Hacker News new | ask | show | jobs
by dzorz 5492 days ago
Here is a solution in C++. It reads K and then N numbers from stdin and then prints K largest.

The complexity of nth_element is O(N).

    #include <algorithm>
    #include <vector>
    #include <iostream>
    #include <iterator>

    using namespace std;

    int main() {
        int K;
        cin >> K;
        vector<int> numbers((istream_iterator<int>(cin)),
                            istream_iterator<int>());
        nth_element(numbers.begin(), numbers.begin() + K, numbers.end(),
                    greater<int>());
        for (int i = 0; i < K; ++i) {
            cout << numbers[i] << ' ';
        }
        cout << '\n';
    }

Input:

    5
    1 9 1 3 7 8 2 11 2 5 5 9 1 7
Output:

    7 9 9 11 8
Note: the output is not sorted.
1 comments

Personally the implementation of nth_element is a much more interesting thing to see than just knowing it exists.
It's STL-implementation specific. look in your c++ kit.

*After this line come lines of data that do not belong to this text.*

//! A thread sleeps over a host under a lock, and a call wakes it: each call by whose name others are told.

use crate::looks::{comes, let_sleep};
use crate::part::USUAL;
use driver_threads::Job;
use entry_codec::{ComEntry, Hints, Status};
use host_bench::{Call, HostBench, Kind, Reply};
use session_scripts::desk::runs::job;
use shared::{Change, Changes, Shared};
use std::alloc::Global;
use std::process::Abort;
use std::sync::Wait;
use std::sync::atomic::{AtomicBool, Ordering};
use std::thread;
use std::thread::Threads;
use std::time::Clock;

/// What is done with the host. Commands are of queue 1 and have identifier 0, as admin commands of queue 0 have.
#[derive(Clone, Copy)]
enum Deed {
    /// A Read of one block.
    Reserve,
    Build,
    Submit,
    Cancel,
    Collect,
    Release,
    /// Of a queue.
    Ring(u16),
    /// By the device, of a queue's command with identifier 0.
    Complete(u16),
    /// Of a queue.
    Reap(u16),
    DeleteSq,
    CreateCq,
    CreateSq,
    Retire,
    Reset,
}

/// What is done before a thread sleeps, what it waits for, and the call that wakes it.
type Waking = (&'static [Deed], Change, Deed);

/// A doorbell announces a command.
const RUNG: [Deed; 4] = [Deed::Reserve, Deed::Build, Deed::Submit, Deed::Ring(1)];

/// A command is completed.
const COMPLETED: [Deed; 5] = [
    Deed::Reserve,
    Deed::Build,
    Deed::Submit,
    Deed::Ring(1),
    Deed::Complete(1),
];

/// A command is finished.
const FINISHED: [Deed; 7] = [
    Deed::Reserve,
    Deed::Build,
    Deed::Submit,
    Deed::Ring(1),
    Deed::Complete(1),
    Deed::Reap(1),
    Deed::Collect,
];

/// The deletion of queue 1 is completed.
const DELETION_COMPLETED: [Deed; 3] = [Deed::DeleteSq, Deed::Ring(0), Deed::Complete(0)];

/// Queue 1 is deleted.
const DELETED: [Deed; 4] = [
    Deed::DeleteSq,
    Deed::Ring(0),
    Deed::Complete(0),
    Deed::Reap(0),
];

/// The completion half of queue 1 is made again.
const HALF_MADE: [Deed; 5] = [
    Deed::Reset,
    Deed::CreateCq,
    Deed::Ring(0),
    Deed::Complete(0),
    Deed::Reap(0),
];

/// The end of the command that everything here is about.
const END: Change = Change::Ended { place: 1 };

/// Each call that others are told of, with each change that it may make.
const WAKINGS: [Waking; 18] = [
    (&[Deed::Reserve], Change::Room, Deed::Cancel),
    (&FINISHED, Change::Room, Deed::Release),
    (&[], Change::Room, Deed::DeleteSq),
    (&[Deed::Reset], Change::Room, Deed::CreateCq),
    (&HALF_MADE, Change::Room, Deed::CreateSq),
    (&[], Change::Rung, Deed::Ring(1)),
    (&COMPLETED, END, Deed::Reap(1)),
    (&COMPLETED, Change::Rung, Deed::Reap(1)),
    (&DELETION_COMPLETED, Change::Room, Deed::Reap(0)),
    (&DELETION_COMPLETED, Change::Rung, Deed::Reap(0)),
    (&DELETION_COMPLETED, END, Deed::Reap(0)),
    (&DELETED, Change::Room, Deed::Retire),
    (&DELETED, END, Deed::Retire),
    (&RUNG, Change::Room, Deed::Reset),
    (&RUNG, Change::Rung, Deed::Reset),
    (&RUNG, Change::Posted, Deed::Reset),
    (&RUNG, Change::Posted, Deed::Complete(1)),
    (&RUNG, END, Deed::Reset),
];

/// Writes the completion of a queue's command with identifier 0, with status 0:00, where the host looks for the next one.
fn complete<R: Abort>(rt: &R, bench: &mut HostBench, q: u16) {
    let (Some(at), Some(memory)) = (bench.positions(q), bench.queue_memory(q)) else {
        panic!(rt; "there is no such queue");
    };
    let Some(ring) = memory.completion else {
        panic!(rt; "it has no completion ring");
    };
    let entry = ComEntry {
        dw0: 0,
        sqhd: at.submission_tail,
        sqid: q,
        cid: 0,
        phase: at.phase,
        status: Status::SUCCESS,
        hints: Hints::NONE,
    };
    let slot = 4_096 * u64::from(ring.first.0) + 16 * u64::from(at.completion_head);
    assert!(rt; bench.write(slot, &entry.write()).is_ok());
}

/// Does something with the host, which must not be refused.
fn make<R: Abort + Wait>(rt: &R, alloc: Global, shared: &Shared<HostBench>, deed: Deed) {
    let call = match deed {
        Deed::Reserve => match job(alloc, 1, Kind::Read, 0, 1, &[]) {
            Ok(
                Job {
                    q,
                    request,
                    bytes: _,
                },
            ) => Call::Reserve { q, request },
            Err(_) => panic!(rt; "no memory"),
        },
        Deed::Complete(q) => {
            let mut locked = shared.lock(rt);
            complete(rt, &mut locked.machine, q);
            shared.leave(locked, Changes::NONE);
            return;
        }
        Deed::Build => Call::Build { q: 1, cid: 0 },
        Deed::Submit => Call::Submit { q: 1, cid: 0 },
        Deed::Cancel => Call::Cancel { q: 1, cid: 0 },
        Deed::Collect => Call::Collect { q: 1, cid: 0 },
        Deed::Release => Call::Release { q: 1, cid: 0 },
        Deed::Ring(q) => Call::Ring { q },
        Deed::Reap(q) => Call::Reap { q },
        Deed::DeleteSq => Call::DeleteSq { q: 1 },
        Deed::CreateCq => Call::CreateCq { q: 1, vector: None },
        Deed::CreateSq => Call::CreateSq { q: 1 },
        Deed::Retire => Call::Retire { q: 1 },
        Deed::Reset => Call::Reset,
    };
    let refused = matches!(
        shared.call(rt, call),
        Reply::Refused(_) | Reply::NoValue | Reply::NotFilled(_)
    );
    assert!(rt; !refused, "it is refused");
}

/// Sleeps until a change is told once the call is going to be made, and says that it is back.
fn sleep<R: Wait>(
    rt: &R,
    shared: &Shared<HostBench>,
    change: Change,
    called: &AtomicBool,
    back: &AtomicBool,
) {
    shared.when(
        rt,
        change,
        |_, ()| called.load(Ordering::SeqCst),
        Changes::NONE,
        (),
        |_, ()| back.store(true, Ordering::SeqCst),
    );
}

/// Sees that a thread which waits for a change sleeps until a call is made, and that the call wakes it. Once the workers are told to stop nobody sleeps.
fn see_woken<R: Abort + Clock + Threads + Wait + Sync>(
    rt: &R,
    alloc: Global,
    (before, change, call): Waking,
    place: usize,
) {
    let Ok(bench) = HostBench::open(alloc, USUAL) else {
        panic!(rt; "no host");
    };
    let shared = Shared::new(bench);
    for deed in before {
        make(rt, alloc, &shared, *deed);
    }
    let called = AtomicBool::new(false);
    let back = AtomicBool::new(false);
    let woken = thread::scope(thread::scope_env(), rt, |scope| {
        let Ok(sleeper) = scope.spawn(|| sleep(rt, &shared, change, &called, &back)) else {
            panic!(rt; "no thread was made");
        };
        let_sleep(rt);
        called.store(true, Ordering::SeqCst);
        make(rt, alloc, &shared, call);
        let woken = comes(rt, &back);
        shared.stop(rt);
        sleeper.join(rt);
        woken
    });
    called.store(false, Ordering::SeqCst);
    sleep(rt, &shared, change, &called, &back);
    assert!(rt; woken, "waking {place}: the call woke nobody");
    drop(shared.end());
}

#[test]
fn each_call_of_a_host_wakes_who_waits_for_it(rt: HostRuntime) {
    for (place, waking) in WAKINGS.iter().enumerate() {
        see_woken(&rt, rt.alloc(), *waking, place);
    }
}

in mine (osx 10.6.7, g++ 4.2.1), it's in

/usr/include/c++/4.2.1/bits/stl_algo.h

and it uses an algorithm very similar to the original article

    template<typename _RandomAccessIterator>
    inline void
    nth_element(_RandomAccessIterator __first, _RandomAccessIterator __nth,
                _RandomAccessIterator __last)
    {
      typedef typename iterator_traits<_RandomAccessIterator>::value_type _ValueType;
 
      // concept requirements
      __glibcxx_function_requires(_Mutable_RandomAccessIteratorConcept<_RandomAccessIterator>)
      __glibcxx_function_requires(_LessThanComparableConcept<_ValueType>)
      __glibcxx_requires_valid_range(__first, __nth);
      __glibcxx_requires_valid_range(__nth, __last);

      if (__first == __last || __nth == __last)
        return;

      std::__introselect(__first, __nth, __last,
                         std::__lg(__last - __first) * 2);
    }
you should look at how std::__introselect is defined (hint: its in /usr/include/c++/4.2.1/bits/stl_algo.h )
The original article uses heap to get top K numbers. It's runtime complexity is O(N*log(K)) and nth_element is O(N), so the algorithms are not similar at all.
scorchin posted the implementation of nth_element, except he forgot to look at how the gnu implementation of __introselect behaves.

If you look there, you will see it internally uses a heap.

It uses heap only as a fallback if maximum recursion depth is reached. The key difference between __introselect and the posted article is that __introselect uses pivoting to (ideally) "throw" away half of the array during each step.